Use Case 2: An instance with Forensics + Other Services Selected
Assign the builtin Reader role and the custom roles (refer Steps to Create a Custom Role in Azure) for each of the services selected during setting up the instance. Custom roles for each service can be found under section Custom Role.
For example, if the instance has forensics + DLP selected, assign the builtin Reader role along with a custom role and permissions required for both these services:
{
"properties": {
"roleName": "forensic-dlp-custom-role",
"description": "custom role for forensics and DLP",
"permissions": [
{
"actions": [
"Microsoft.Storage/storageAccounts/listkeys/action",
"Microsoft.Storage/storageAccounts/blobServices/containers/write",
"Microsoft.Storage/storageAccounts/blobServices/write",
"Microsoft.Storage/storageAccounts/read",
"Microsoft.EventGrid/eventSubscriptions/write",
"Microsoft.EventGrid/eventSubscriptions/delete"
],
"notActions": [],
"dataActions": [],
"notDataActions": []
}
],
"assignableScopes": [
"/subscriptions/<subscription_id>"
]
}
}
Custom Roles
Refer to section Steps to create a custom role in Azure on steps to create a custom role.

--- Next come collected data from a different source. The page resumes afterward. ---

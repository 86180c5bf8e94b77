//! One line of a connection that may peek, answered.
ghost use Rattle.std.specs.Prelude.{◌≡◌, ◌≤◌, [], List, None, OnOk, IsErrOf};
ghost use Rattle.io_edges.specs.Causes.{Rose};
ghost use Rattle.doc_model.specs.declared.entry.Entry.{Entry};
ghost use Rattle.snap_reads.specs.declared.past.Past.{Past};
ghost use Rattle.document_shot.specs.declared.past.CoreStart.{CoreStart};
ghost use Rattle.session_gate.specs.Gate.{IsPassOf};
ghost use Rattle.grist_serve.specs.Answered.{line_asks, peeked_table};
ghost use Rattle.grist_serve.specs.Due.{IsDue, standing};
ghost use Rattle.grist_serve.specs.ShotAnswering.{AnswersLine};

use crate::answering::Buffers;
use crate::peeking::{Due, answer_peek, peeked_table};
use crate::requests::event_in;
use crate::shot_asking::answer_event;
use cell_types::Name;
use doc_keeper::Keeper;
use document_shot::PeekReader;
use io_edges::{Link, SessionEnd, Sink, Source};
use session_gate::{Gate, Pass};
use shot_core::ShotCore;
use std::alloc::Global;
use std::sync::Wait;
use std::thread::Threads;
use watch_box::Watcher;

/// The buffers of a link, and what its last turn says of shots.
#[derive(Drop)]
pub(crate) struct Progress {
    pub buffers: Buffers,
    pub due: Due,
}

/// Answers the line that was read last. Says whether that closed the session.
pub(crate) fn answer<R: Threads + Wait + Sync, K: Keeper, W: Watcher, L: Link>(
    rt: &R,
    alloc: Global,
    gate: &Gate<ShotCore<K, W>>,
    pass: &mut Pass<ShotCore<K, W>>,
    shots: &mut PeekReader,
    session: &Name,
    progress: &mut Progress,
    link: &mut L,
) -> Result<bool, SessionEnd>
    requires pass { IsPassOf gate.now pass.old }
    requires due { IsDue progress.old.due pass.old }
    requires empty { progress.old.buffers.outbox ≡ [] }
    ensures own { IsPassOf gate.now pass.new }
    ensures answers { AnswersLine result session.now
        (standing pass.old progress.old.due shots.old.known)
        (standing pass.new progress.new.due shots.new.known)
        (line_asks session.now progress.old.buffers.reader.line)
        (L.written link.old) (L.written link.new) }
    ensures due { OnOk result (IsDue progress.new.due pass.new) }
    ensures reader { progress.new.buffers.reader ≡ progress.old.buffers.reader }
    ensures empty { progress.new.buffers.outbox ≡ [] }
    ensures left { L.left link.new ≡ L.left link.old }
    ensures read_faults { L.Source.faults link.new ≡ L.Source.faults link.old }
    ensures later { L.Sink.faults link.old ≤ L.Sink.faults link.new }
    ensures fault { IsErrOf result SessionEnd.WriteFault
        → Rose (L.Sink.faults link.old) (L.Sink.faults link.new) }
{
    let due = progress.due;
    match peeked_table(alloc, progress.buffers.reader.line()) {
        Ok(Some(table)) => {
            let outbox = &mut progress.buffers.outbox;
            answer_peek(alloc, shots, session, &table, due, outbox, link)
        }
        Ok(None) => answer_request(rt, alloc, gate, pass, session, progress, link),
        Err(_) => Err(SessionEnd::NoMemory),
    }
}

// Answers a line that asks for no peek.
fn answer_request<R: Threads + Wait + Sync, K: Keeper, W: Watcher, L: Link>(
    rt: &R,
    alloc: Global,
    gate: &Gate<ShotCore<K, W>>,
    pass: &mut Pass<ShotCore<K, W>>,
    session: &Name,
    progress: &mut Progress,
    link: &mut L,
) -> Result<bool, SessionEnd>
    requires pass { IsPassOf gate.now pass.old }
    requires due { IsDue progress.old.due pass.old }
    requires empty { progress.old.buffers.outbox ≡ [] }
    requires no_peek { peeked_table progress.old.buffers.reader.line ≡ None }
    ensures own { IsPassOf gate.now pass.new }
    ensures answers { (known : List (Past CoreStart Entry)) → AnswersLine result session.now
        (standing pass.old progress.old.due known) (standing pass.new progress.new.due known)
        (line_asks session.now progress.old.buffers.reader.line)
        (L.written link.old) (L.written link.new) }
    ensures due { OnOk result (IsDue progress.new.due pass.new) }
    ensures reader { progress.new.buffers.reader ≡ progress.old.buffers.reader }
    ensures empty { progress.new.buffers.outbox ≡ [] }
    ensures left { L.left link.new ≡ L.left link.old }
    ensures read_faults { L.Source.faults link.new ≡ L.Source.faults link.old }
    ensures later { L.Sink.faults link.old ≤ L.Sink.faults link.new }
    ensures fault { IsErrOf result SessionEnd.WriteFault
        → Rose (L.Sink.faults link.old) (L.Sink.faults link.new) }
{
    match event_in(alloc, session, progress.buffers.reader.line()) {
        Ok(Some(event)) => {
            let Progress { buffers, due } = progress;
            answer_event(rt, gate, pass, event, due, &mut buffers.outbox, link)
        }
        Ok(None) => Ok(false),
        Err(_) => Err(SessionEnd::NoMemory),
    }
}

Custom roles to be used along with the builtin Reader role based on the services selected:
-
Forensics
{ "properties": { "roleName": "custom-forensics-role", "description": "Custom role for forensics in addition to the builtin Reader role", "permissions": [ { "actions": [ "Microsoft.Storage/storageAccounts/blobServices/containers/write", "Microsoft.Storage/storageAccounts/listkeys/action", "Microsoft.Storage/storageAccounts/blobServices/write" ], "notActions": [], "dataActions": [], "notDataActions": [] } ], "assignableScopes": [ "/subscriptions/<subscription_id>" ] } }
-
DLP
{ "properties": { "roleName": "custom-dlp-role", "description": "Custom role for Storage Scan in addition to the builtin Reader role", "permissions": [ { "actions": [ "Microsoft.EventGrid/eventSubscriptions/write", "Microsoft.Storage/storageAccounts/listkeys/action", "Microsoft.EventGrid/eventSubscriptions/delete" ], "notActions": [], "dataActions": [], "notDataActions": [] } ], "assignableScopes": [ "/subscriptions/<subscription_id>" ] } }
-
Threat Protection
{ "properties": { "roleName": "custom-dlp-role", "description": "Custom role for Storage Scan in addition to the builtin Reader role", "permissions": [ { "actions": [ "Microsoft.EventGrid/eventSubscriptions/write", "Microsoft.Storage/storageAccounts/listkeys/action", "Microsoft.EventGrid/eventSubscriptions/delete" ], "notActions": [], "dataActions": [], "notDataActions": [] } ], "assignableScopes": [ "/subscriptions/<subscription_id>" ] } }
-
Security Assessment
{ "properties": { "roleName": "Netskope CSA Custom Role", "description": "Netskope CSA", "permissions": [ { "actions": [ "Microsoft.Web/sites/config/list/action", "Microsoft.Network/networkWatchers/queryFlowLogStatus/action" ], "notActions": [], "dataActions": [], "notDataActions": [] } ], "assignableScopes": [ "/subscriptions/<subscription_id>" ] } }
Steps to Create a Custom Role in Azure
-
Prepare the JSON file for the required role definition.
-
In the Azure portal, open a management group, subscription, or resource group where you want the custom role to be assignable and then open Access control (IAM).
-
Click Add and then click Add custom role.
This opens the custom roles editor.
-
On the Basics tab, in Baseline permissions, select Start from JSON.
-
Next to the Select a file box, click the folder button to open the Open dialog box.
-
Select the JSON file and then click Open.
-
In the Custom role name box, specify a name for the custom role.
-
In the Description box, specify an optional description for the custom role.
-
Click “Review + create” to review the role, and finally click Create to create the custom role.